— Да, господа, неожиданно. Мощная иллюзия.
— Мощная, — говорю. — Я тут им чуть всю лабораторию не разнёс, ёлки. Так тонну кирпичей, блин, можно отложить.
Только тут заметил, что чебурашки, вроде, удивились. Вроде не ожидали, что мы распсихуемся.
Нгилан говорит чё-то, типа:
— Разве страшно? — и ещё что-то там про посмотреть на то, что внутри.
Я себе по черепу постучал кулаком:
— Понимать надо, док, — говорю. — Мы же не видали таких медуз, ёлки! — а дальше перешёл на ихний. — Я, — пальцем на себя, — думал, что она, — на медузу пальцем, — его ест. Ясно?
Они как расхохочутся.
— Мудачьё, — говорю. — Козлы. Предупреждать надо.
И тётка Видзико меня погладила по морде своей обезьяньей лапкой. Запахла цветочком.
— Зергей, — сказала, жалостливо, вроде, — нельзя так. Ужасно-страшно. Как можно съесть Вигдора живьём? Как можно так думать?
— Кто вас знает, — говорю. По-русски. А потом — на ихнем. — Ценг-ро.
В смысле, «бывает». Или «случается». Сами говорят «ценг-ро», если чего-то такое выходит непредвиденное. Болезнь-ураган, дрянь какая-нибудь.
И вдруг вижу — уже и не смеются. Смотрят на меня. И Цодинг с Витька медузу снял и в банку пустил.

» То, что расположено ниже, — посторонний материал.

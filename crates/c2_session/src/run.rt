// A runner: a session's point, taken on by each reply.
ghost use Rattle.std.specs.Prelude.{◌≡◌, cond};
ghost use Rattle.c2_acts.specs.Code.Acts.{task_of};
ghost use Rattle.c2_session.specs.Code.Script.{script_at};
ghost use Rattle.c2_session.specs.Code.Run.{runner, runner_at, is_known, script_left, runner_settled, runner_replied, runner_advanced, runner_step};

use crate::next::end_point;
use crate::script::first_step;
use crate::{At, Point, Runner, Session};
use c2_acts::{Task, task_of};
use c2_wire::{Moved, OFF, Place, script_after};
use numbers::BAD_REPLY;

// A script that is not known. It needs no Option: what is left of any script after its last strobe is 0 as well.
const UNKNOWN: u64 = 0;

// The runner that sets off from a point; nothing is known of its act yet.
pub fn set_off(point: Point) -> Runner
    ensures { result ≡ runner_at point }
{
    Runner {
        point,
        task: Task::Reset,
        script: UNKNOWN,
    }
}

// What is left of a script after a reply at a strobe that has moved the place.
fn script_left(moved: Moved, script: u64, strobe: u32) -> u64
    ensures { result ≡ script_left moved script strobe }
{
    match moved {
        Moved::Within(next) => script_after(script, strobe, next.strobe),
        Moved::Stopped(_) | Moved::WaitLimit => UNKNOWN,
    }
}

impl Runner {
    // The runner with the task and the script of the act at a strobe of it. They are found anew where an act begins,
    // or a poll anew, at strobe 0, and where they are not known.
    #[tactic(auto, unfolding(crate::specs::Code::Run::is_known))]
    fn informed(self, s: Session, at: At, strobe: u32, image: &[u8]) -> Runner
        ensures { let known = is_known strobe self.script in let task = cond known self.task (task_of at.stage at.act) in result ≡ runner self.point task (cond known self.script (script_at task s at strobe image.now)) }
    {
        if strobe != 0 && self.script != UNKNOWN {
            return self;
        }
        let task = task_of(at.stage, at.act);
        Runner {
            task,
            script: s.script_at(task, at, strobe, image),
            ..self
        }
    }

    // The runner after a reply that has moved the place in the act's frame.
    fn settled(self, s: Session, moved: Moved, at: At, place: Place, image: &[u8]) -> Runner
        ensures { result ≡ runner_settled moved self.task self.script s at place image.now }
    {
        Runner {
            point: s.frame_answered(moved, self.task, at, place.count, image),
            script: script_left(moved, self.script, place.strobe),
            ..self
        }
    }

    // The runner after a reply to a strobe of an act of which task and script are known.
    #[tactic(auto, unfolding(crate::specs::Code::Run::runner_replied))]
    fn replied(self, s: Session, at: At, place: Place, reply: u8, image: &[u8]) -> Runner
        ensures { result ≡ runner_replied self.task self.script s at place reply image.now }
    {
        if 1 < reply {
            return Runner {
                point: end_point(BAD_REPLY),
                script: UNKNOWN,
                ..self
            };
        }
        let limit = u32::from(s.settings.wait);
        let moved = c2_wire::follow(self.script, place, reply == 1, limit);
        self.settled(s, moved, at, place, image)
    }

    // The runner after a reply, lent the session's image. One that has reached the end stays there. The image stands
    // beside the session in all these functions: a session is kept between two calls, and its image is not.
    #[tactic(auto, unfolding(crate::specs::Code::Run::runner_advanced))]
    pub fn advance(self, s: Session, reply: u8, image: &[u8]) -> Runner
        ensures { result ≡ runner_advanced s self reply image.now }
    {
        match self.point {
            Point::Running {
                stage,
                page,
                block,
                act,
                strobe,
                count,
                bits,
            } => {
                let at = At {
                    stage,
                    page,
                    block,
                    act,
                };
                let place = Place {
                    strobe,
                    count,
                    bits,
                };
                self.informed(s, at, strobe, image)
                    .replied(s, at, place, reply, image)
            }
            Point::Ended { .. } => Runner {
                script: UNKNOWN,
                ..self
            },
        }
    }

    // The step that the runner waits at: 6 at the end.
    #[tactic(auto, unfolding(crate::specs::Code::Run::runner_step))]
    pub fn step(self) -> u8
        ensures { result ≡ runner_step self }
    {
        match self.point {
            Point::Running {
                stage,
                act,
                strobe: 0,
                ..
            } => first_step(stage, act),
            Point::Running { .. } => c2_wire::step(self.script),
            Point::Ended { .. } => OFF,
        }
    }
}
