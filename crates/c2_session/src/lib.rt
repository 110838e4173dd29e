// A programming session as a value: settings, pages and the point reached in the session's order. A runner
// takes a session's point through the order, reply by reply.
#![tactic(auto)]

use c2_acts::{Stage, Task};
use settings::Settings;

mod bytes;
mod judge;
mod next;
mod run;
mod script;

pub use run::set_off;

// An act of the order: its stage, the page of the image and the block of the page, and its number in the
// stage. In the stage Register the pair's number stands where others have the page.
#[derive(Clone, Copy)]
pub struct At {
    pub stage: Stage,
    pub page: u32,
    pub block: u32,
    pub act: u32,
}

// The point that a session has reached: an act, the strobe in its frame, the zeros seen in a WAIT or the
// reads done in a poll, and the bits sampled so far; or the outcome, with the image offset for 14. The outcome is
// a number and no enum: a record's bytes may hold any, and the laws of packing them speak of every number. The numbers
// of a running point stand by themselves, as the record and the definition `position` have them.
#[derive(Clone, Copy)]
pub enum Point {
    Running {
        stage: Stage,
        page: u32,
        block: u32,
        act: u32,
        strobe: u32,
        count: u32,
        bits: u32,
    },
    Ended {
        number: u32,
        offset: u32,
    },
}

#[derive(Clone, Copy)]
pub struct Session {
    pub settings: Settings,
    pub first: u16,
    pub pages: u16,
    pub point: Point,
}

// A session's point on its way, what the act there does, and what is left of the act's script; the script is 0
// as long as it is not known. The session itself stands beside its runner and stays as it is.
#[derive(Clone, Copy)]
pub struct Runner {
    pub point: Point,
    pub task: Task,
    pub script: u64,
}

impl Session {
    // The point before a session's first step.
    pub const FIRST: Point = Point::Running {
        stage: Stage::Lead,
        page: 0,
        block: 0,
        act: 0,
        strobe: 0,
        count: 0,
        bits: 0,
    };

    // The limit of a WAIT that old units have; a session's own stands in its settings.
    pub const WAIT_LIMIT: u8 = 20;

    // The limit of a poll: so many unsatisfied reads refuse.
    pub const POLL_LIMIT: u32 = 256;
}
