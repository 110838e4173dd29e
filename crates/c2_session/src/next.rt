// The point after an act: the next act of its stage, or the first of what comes after the stage.
ghost use Rattle.std.specs.Prelude.{◌≡◌, cond, ◌+◌, ◌/◌, ltb};
ghost use Rattle.c2_session.specs.declared.Point.TheVariants.{Ended};
ghost use Rattle.c2_session.specs.Code.Next.{strobe_point, end_point, first_strobe, next_page, next_register, next_stage, next_act};

use crate::{At, Point, Session};
use c2_acts::{Stage, acts_in};
use c2_wire::Place;
use numbers::DONE;

pub(crate) fn strobe_point(at: At, place: Place) -> Point
    ensures { result ≡ strobe_point at place }
{
    Point::Running {
        stage: at.stage,
        page: at.page,
        block: at.block,
        act: at.act,
        strobe: place.strobe,
        count: place.count,
        bits: place.bits,
    }
}

pub(crate) fn end_with(number: u32, offset: u32) -> Point
    ensures { result ≡ Ended number offset }
{
    Point::Ended { number, offset }
}

pub(crate) fn end_point(number: u32) -> Point
    ensures { result ≡ end_point number }
{
    end_with(number, 0)
}

// The first strobe of an act.
fn first_strobe(at: At) -> Point
    ensures { result ≡ first_strobe at.stage at.page at.block at.act }
{
    strobe_point(
        at,
        Place {
            strobe: 0,
            count: 0,
            bits: 0,
        },
    )
}

// The first strobe of a stage, at this page.
fn begin(stage: Stage, page: u32) -> Point
    ensures { result ≡ first_strobe stage page 0 0 }
{
    first_strobe(At {
        stage,
        page,
        block: 0,
        act: 0,
    })
}

impl Session {
    // The first act of the page's next block in the same stage, or else another point.
    fn next_block(self, at: At, otherwise: Point) -> Point
        ensures { result ≡ cond (ltb (at.block + 1) (self.settings.size / 256)) (first_strobe at.stage at.page (at.block + 1) 0) otherwise }
    {
        if (at.block as usize) + 1 < (self.settings.size / 256) as usize {
            first_strobe(At {
                block: at.block + 1,
                act: 0,
                ..at
            })
        } else {
            otherwise
        }
    }

    #[tactic(auto, unfolding(crate::specs::Code::Next::next_page))]
    fn next_page(self, page: u32) -> Point
        ensures { result ≡ next_page self page }
    {
        if (page as usize) + 1 < usize::from(self.pages) {
            begin(Stage::Erase, page + 1)
        } else {
            begin(Stage::Close, 0)
        }
    }

    // The first act of the pair of this number, or of the first page, where no such pair is named.
    #[tactic(auto, unfolding(crate::specs::Code::Next::next_register))]
    fn next_register(self, number: usize) -> Point
        ensures { result ≡ next_register self number }
    {
        if number < usize::from(self.settings.pairs.count) {
            begin(Stage::Register, number as u32)
        } else {
            begin(Stage::Erase, 0)
        }
    }

    #[tactic(auto, unfolding(crate::specs::Code::Next::next_write, crate::specs::Code::Next::next_read))]
    fn next_stage(self, at: At) -> Point
        ensures { result ≡ next_stage at.stage self at }
    {
        match at.stage {
            Stage::Lead => self.next_register(0),
            Stage::Erase => begin(Stage::Write, at.page),
            Stage::Write => self.next_block(at, begin(Stage::Read, at.page)),
            Stage::Read => self.next_block(at, self.next_page(at.page)),
            Stage::Close => end_point(DONE),
            Stage::Register => self.next_register((at.page as usize) + 1),
        }
    }

    // The point after an act.
    #[tactic(auto, unfolding(crate::specs::Code::Next::next_act))]
    pub(crate) fn next_act(self, at: At) -> Point
        ensures { result ≡ next_act self at }
    {
        if (at.act as usize) + 1 < acts_in(at.stage) as usize {
            first_strobe(At {
                act: at.act + 1,
                ..at
            })
        } else {
            self.next_stage(at)
        }
    }
}
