// The script of an act: what it says on the wire, strobe by strobe.
ghost use Rattle.std.specs.Prelude.{◌≡◌};
ghost use Rattle.c2_wire.specs.Code.Script.{code_word};
ghost use Rattle.c2_session.specs.Code.Step.{alone, task_byte};
ghost use Rattle.c2_session.specs.Code.Script.{task_codes, script_at};
ghost use Rattle.c2_acts.specs.Code.Acts.{task_of};

use crate::{At, Session};
use c2_acts::{Stage, Task, task_of};
use c2_wire::{Frame, PAUSE, RELEASED, RESET, script_from, script_of};

// The step of an act that stands in no frame, 0 for any other: its frame's START.
fn alone(task: Task) -> u8
    ensures { result ≡ alone task }
{
    match task {
        Task::Reset => RESET,
        Task::Pause => PAUSE,
        _ => RELEASED,
    }
}

// The first step of an act.
pub(crate) fn first_step(stage: Stage, act: u32) -> u8
    ensures { result ≡ alone (task_of stage act) }
{
    alone(task_of(stage, act))
}

// The script of an act that sends this byte. A step that stands in no frame is the code of every strobe.
#[tactic(auto, unfolding(crate::specs::Code::Script::task_codes, c2_wire::specs::Code::Script::code_word))]
fn act_script(task: Task, byte: u8) -> u64
    ensures { result ≡ code_word (task_codes task byte) }
{
    let frame = match task {
        Task::Reset => return 0x4444444444444444,
        Task::Pause => return 0x5555555555555555,
        Task::Address => Frame::AddressWrite,
        Task::Send => Frame::DataWrite,
        Task::Input | Task::Output => Frame::AddressRead,
        Task::Ident | Task::Status | Task::Compare => Frame::DataRead,
    };
    script_of(frame, byte)
}

impl Session {
    // The byte that the act's frame sends, 0 for a frame that reads.
    fn task_byte(self, task: Task, at: At, image: &[u8]) -> u8
        ensures { result ≡ task_byte task self at image.now }
    {
        if matches!(task, Task::Address | Task::Send) {
            self.stage_byte(at, image)
        } else {
            0
        }
    }

    // What is left of the script of an act from a strobe on.
    #[tactic(auto, unfolding(crate::specs::Code::Script::script_at))]
    pub(crate) fn script_at(self, task: Task, at: At, strobe: u32, image: &[u8]) -> u64
        ensures { result ≡ script_at task self at strobe image.now }
    {
        script_from(act_script(task, self.task_byte(task, at, image)), strobe)
    }
}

Чего-то удивил я их, ёлки.
Они, главное дело, сразу перехотели нас изучать. Вообще. Пожилой стал банки с медузами закрывать плёнкой, Цодинг потянулся трубки вытаскивать — всё, в общем, кончен бал. И Динька прям чуть не плачет, губы кусает.
Тёмка чего-то заикнулся:
— Наверное, вы не так…
И тут Витёк себе пузо потёр, где от медузы мокрое, встал — и Цодинга так приобнял, за плечики, как они тут друг с другом ходят. И говорит:
— Слышь, док, вы, в натуре, не так поняли. Мы же видим, что вам интересно — так и нам интересно. Мне интересно. А на Серого не смотри, он просто медуз боится. У нас дома медузы… это… с зубами.